Could you restate the data word for word?
^^^^
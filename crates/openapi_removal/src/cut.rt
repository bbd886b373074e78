//! A text without some ranges of its bytes.
ghost use Rattle.std.specs.Prelude.{◌≡◌, IfOk, map};
ghost use Rattle.openapi_removal.specs.Cut.{cut, gap_of};

use std::alloc::{AllocError, Global};

/// A range of a text that is left out, and how far it is behind the one before.
#[derive(Clone, Copy, Drop)]
pub(crate) struct Gap {
    /// How many bytes are kept before it.
    pub kept: usize,
    /// How many bytes are left out.
    pub left_out: usize,
}

/// Returns a text without some ranges of its bytes.
pub(crate) fn cut(alloc: Global, text: &[u8], gaps: &[Gap]) -> Result<Vec<u8>, AllocError>
    ensures { IfOk result (λ v. v.items ≡ cut (map gap_of gaps.now) text.now) }
{
    let mut bytes = Vec::with_capacity(alloc, text.len())?;
    let mut rest = text;
    for gap in gaps {
        let (kept, more) = rest.split_at(gap.kept.min(rest.len()));
        bytes.extend_from_slice(kept)?;
        let (_, behind) = more.split_at(gap.left_out.min(more.len()));
        rest = behind;
    }
    bytes.extend_from_slice(rest)?;
    Ok(bytes)
}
^^^^
**SOLUTION FOR THIS PROBLEM:**
filename crates/openapi_removal/src/cut.rt
repository bbd886b373074e78
//! A text without some ranges of its bytes.
ghost use Rattle.std.specs.Prelude.{◌≡◌, IfOk, map};
ghost use Rattle.openapi_removal.specs.Cut.{cut, gap_of};

use std::alloc::{AllocError, Global};

/// A range of a text that is left out, and how far it is behind the one before.
#[derive(Clone, Copy, Drop)]
pub(crate) struct Gap {
    /// How many bytes are kept before it.
    pub kept: usize,
    /// How many bytes are left out.
    pub left_out: usize,
}

/// Returns a text without some ranges of its bytes.
pub(crate) fn cut(alloc: Global, text: &[u8], gaps: &[Gap]) -> Result<Vec<u8>, AllocError>
    ensures { IfOk result (λ v. v.items ≡ cut (map gap_of gaps.now) text.now) }
{
    let mut bytes = Vec::with_capacity(alloc, text.len())?;
    let mut rest = text;
    for gap in gaps {
        let (kept, more) = rest.split_at(gap.kept.min(rest.len()));
        bytes.extend_from_slice(kept)?;
        let (_, behind) = more.split_at(gap.left_out.min(more.len()));
        rest = behind;
    }
    bytes.extend_from_slice(rest)?;
    Ok(bytes)
}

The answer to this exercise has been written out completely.